Biblio
Today, maintaining the security of the web application is of great importance. Sites Intermediate Script (XSS) is a security flaw that can affect web applications. This error allows an attacker to add their own malicious code to HTML pages that are displayed to the user. Upon execution of the malicious code, the behavior of the system or website can be completely changed. The XSS security vulnerability is used by attackers to steal the resources of a web browser such as cookies, identity information, etc. by adding malicious Java Script code to the victim's web applications. Attackers can use this feature to force a malicious code worker into a Web browser of a user, since Web browsers support the execution of embedded commands on web pages to enable dynamic web pages. This work has been proposed as a technique to detect and prevent manipulation that may occur in web sites, and thus to prevent the attack of Site Intermediate Script (XSS) attacks. Ayrica has developed four different languages that detect XSS explanations with Asp.NET, PHP, PHP and Ruby languages, and the differences in the detection of XSS attacks in environments provided by different programming languages.
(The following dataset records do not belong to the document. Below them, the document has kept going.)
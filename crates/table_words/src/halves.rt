//! The two halves of a word.
ghost use Rattle.std.specs.Prelude.{◌≡◌, ℕ, ◌≤◌, ◌<◌, ◌^◌};
ghost use Rattle.table_words.specs.Stamps.{stamp_of, code_of, packed};
ghost use Rattle.table_words.specs.Controls.{control_written, control_read, callback_written, callback_read, source_written, source_read};
ghost use Rattle.table_words.specs.Blocks.{block_written, block_read};
ghost use Rattle.table_words.specs.ScopeNumbers.{scope_written, scope_read};

const HALF: u64 = 1 << 32;

/// The generation of the block at which the word was written.
pub fn stamp(word: u64) -> u32
    ensures { result ≡ stamp_of word }
{
    (word / HALF) as u32
}

/// What the word says at its generation.
pub(crate) fn code(word: u64) -> u32
    ensures { result ≡ code_of word }
{
    (word % HALF) as u32
}

/// The word of these halves.
pub(crate) fn pack(generation: u32, code: u32) -> u64
    ensures value { result ≡ packed generation code }
    ensures stamp { stamp_of result ≡ generation }
    ensures code { code_of result ≡ code }
{
    generation as u64 * HALF + code as u64
}

/// To read a word and to write it again changes nothing: of a control word always, of another word
/// where its code is one of those that are written.
pub fn words_are_exact()
    ensures control { (w : ℕ) → control_written (stamp_of w) (control_read w) ≡ w }
    ensures callback { (w : ℕ) → code_of w ≤ 4
        → callback_written (stamp_of w) (callback_read w) ≡ w }
    ensures source { (w : ℕ) → code_of w < 8
        → source_written (stamp_of w) (source_read w) ≡ w }
    ensures block { (w : ℕ) → code_of w ≤ 2 → block_written (block_read w) ≡ w }
    ensures scope { (w : ℕ) → w < 2 ^ 36 → scope_written (scope_read w) ≡ w }
{}
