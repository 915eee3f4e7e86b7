//! Where the words and the homes of a table lie.
ghost use Rattle.std.specs.Prelude.{◌≡◌, ℕ, ◌≤◌, ◌<◌, ◌+◌, ◌*◌};
ghost use Rattle.life_rules.specs.declared.limits.TheConstants.{MOST_BLOCKS};
ghost use Rattle.node_tree.specs.declared.node.TheConstants.{MOST_NODES};
ghost use Rattle.table_words.specs.Layouts.{Spot, TheScope, TheScopeSource, OfBlock, OfControl, OfCallback, OfSource, IsSpot, index, place_number, words_in, places_in, block_words, word_of_block};

/// The blocks of a table, and the places of each: one for every node of the tree.
#[derive(Clone, Copy, Debug, PartialEq, Eq)]
pub struct Layout {
    /// 1 to 256.
    pub blocks: u32,
    /// 1 to 1,025.
    pub nodes: u32,
}

/// The index of the scope's word.
pub const SCOPE: usize = 0;

/// The index of the word of the scope's source.
pub const SCOPE_SOURCE: usize = 16;

/// How many words each block has before those of its places: 15 free ones and its own, so that
/// hands on two blocks share no cache line.
const HEAD: usize = 16;

const FIRST_BLOCK: usize = 32;

impl Layout {
    /// The number of places, which is that of homes.
    pub fn places(&self) -> usize
        requires blocks { self.now.blocks ≤ MOST_BLOCKS }
        requires nodes { self.now.nodes ≤ MOST_NODES }
        ensures { result ≡ places_in self.now }
    {
        self.blocks as usize * self.nodes as usize
    }

    /// The number of words.
    pub fn words(&self) -> usize
        requires blocks { self.now.blocks ≤ MOST_BLOCKS }
        requires nodes { self.now.nodes ≤ MOST_NODES }
        ensures { result ≡ words_in self.now }
    {
        FIRST_BLOCK + self.blocks as usize * self.block_words()
    }

    // How many words lie from one block's to the next one's.
    fn block_words(&self) -> usize
        requires nodes { self.now.nodes ≤ MOST_NODES }
        ensures value { result ≡ block_words self.now }
        ensures few { result ≤ 4 * MOST_NODES + 16 }
    {
        HEAD + 4 * self.nodes as usize
    }

    /// The number of a place, which is that of its home.
    pub fn place(&self, block: u32, node: u32) -> usize
        requires blocks { self.now.blocks ≤ MOST_BLOCKS }
        requires nodes { self.now.nodes ≤ MOST_NODES }
        requires block { block < self.now.blocks }
        requires node { node < self.now.nodes }
        ensures value { result ≡ place_number self.now block node }
        ensures within { result < places_in self.now }
    {
        block as usize * self.nodes as usize + node as usize
    }

    // The index of a place's first word. It is the place's number that is multiplied, as for homes.
    fn first_word(&self, block: u32, node: u32) -> usize
        requires blocks { self.now.blocks ≤ MOST_BLOCKS }
        requires nodes { self.now.nodes ≤ MOST_NODES }
        requires block { block < self.now.blocks }
        requires node { node < self.now.nodes }
        ensures value { result ≡ index self.now (OfControl block node) }
        ensures within { result + 3 < words_in self.now }
    {
        FIRST_BLOCK + HEAD * (block as usize + 1) + 4 * self.place(block, node)
    }

    /// The index of a block's word.
    pub fn block(&self, block: u32) -> usize
        requires blocks { self.now.blocks ≤ MOST_BLOCKS }
        requires nodes { self.now.nodes ≤ MOST_NODES }
        requires block { block < self.now.blocks }
        ensures value { result ≡ index self.now (OfBlock block) }
        ensures within { result < words_in self.now }
    {
        FIRST_BLOCK + (HEAD - 1) + HEAD * block as usize + 4 * self.nodes as usize * block as usize
    }

    /// The index of a place's control word.
    pub fn control(&self, block: u32, node: u32) -> usize
        requires blocks { self.now.blocks ≤ MOST_BLOCKS }
        requires nodes { self.now.nodes ≤ MOST_NODES }
        requires block { block < self.now.blocks }
        requires node { node < self.now.nodes }
        ensures value { result ≡ index self.now (OfControl block node) }
        ensures within { result < words_in self.now }
    {
        self.first_word(block, node)
    }

    /// The index of a place's callback word.
    pub fn callback(&self, block: u32, node: u32) -> usize
        requires blocks { self.now.blocks ≤ MOST_BLOCKS }
        requires nodes { self.now.nodes ≤ MOST_NODES }
        requires block { block < self.now.blocks }
        requires node { node < self.now.nodes }
        ensures value { result ≡ index self.now (OfCallback block node) }
        ensures within { result < words_in self.now }
    {
        self.first_word(block, node) + 1
    }

    /// The index of a place's source word.
    pub fn source(&self, block: u32, node: u32) -> usize
        requires blocks { self.now.blocks ≤ MOST_BLOCKS }
        requires nodes { self.now.nodes ≤ MOST_NODES }
        requires block { block < self.now.blocks }
        requires node { node < self.now.nodes }
        ensures value { result ≡ index self.now (OfSource block node) }
        ensures within { result < words_in self.now }
    {
        self.first_word(block, node) + 2
    }
}

/// Two words of one table lie at two indexes.
pub fn spots_are_apart()
    ensures within { (l : Layout) (x : Spot) → IsSpot l x → index l x < words_in l }
    ensures apart { (l : Layout) (x y : Spot)
        → IsSpot l x → IsSpot l y → index l x ≡ index l y → x ≡ y }
{}
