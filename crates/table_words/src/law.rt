//! Where the scope's two words lie, as numbers.
ghost use Rattle.std.specs.Prelude.{◌≡◌};

use crate::layout::{SCOPE, SCOPE_SOURCE};

/// Where the scope's two words lie.
pub fn scope_words_lie_so()
    ensures scope { SCOPE ≡ 0 }
    ensures source { SCOPE_SOURCE ≡ 16 }
{}
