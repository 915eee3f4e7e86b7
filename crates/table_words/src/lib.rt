//! The words of a running table as numbers, and where each of them lies.
//!
//! It stands on life_rules, whose words these numbers show. Each word is a `u64` that one atomic
//! step reads and writes whole. To write a word and to read it again are proved to be exact, and no
//! two words lie at one index.
//!
//! # The bits of a word
//!
//! | word | bits 32 to 63 | bits 0 to 31 |
//! |---|---|---|
//! | block | generation | 0 free, 1 open, 2 retired |
//! | control | generation | 0 idle, 1 done, 2 ready in the loop, 3 ready in the pool, 4 parked, 5 +
//! p busy with p pending |
//! | callback | generation | 0 never, 1 armed, 2 running, 3 ran, 4 removed |
//! | source | generation | bit 0 requested, bit 1 failed, bit 2 scanned |
//! | scope source | 0 | as a source |
//! | scope | bit 32 used, 33 closed, 34 joining, 35 joined | the count of associations |
//!
//! A busy word's pending is the lowest part, so that a report is a plain subtraction of 1.
#![tactic(auto)]

mod block;
mod halves;
mod law;
mod layout;
mod place;
mod scope;

pub use block::{block_number, read_block};
pub use halves::{stamp, words_are_exact};
pub use law::scope_words_lie_so;
pub use layout::{Layout, SCOPE, SCOPE_SOURCE, spots_are_apart};
pub use place::{
    callback_number, control_number, read_callback, read_control, read_source, source_number,
};
pub use scope::{read_scope, scope_number};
Nowadays, cyber attacks affect many institutions and individuals, and they result in a serious financial loss for them. Phishing Attack is one of the most common types of cyber attacks which is aimed at exploiting people's weaknesses to obtain confidential information about them. This type of cyber attack threats almost all internet users and institutions. To reduce the financial loss caused by this type of attacks, there is a need for awareness of the users as well as applications with the ability to detect them. In the last quarter of 2016, Turkey appears to be second behind China with an impact rate of approximately 43% in the Phishing Attack Analysis report between 45 countries. In this study, firstly, the characteristics of this type of attack are explained, and then a machine learning based system is proposed to detect them. In the proposed system, some features were extracted by using Natural Language Processing (NLP) techniques. The system was implemented by examining URLs used in Phishing Attacks before opening them with using some extracted features. Many tests have been applied to the created system, and it is seen that the best algorithm among the tested ones is the Random Forest algorithm with a success rate of 89.9%.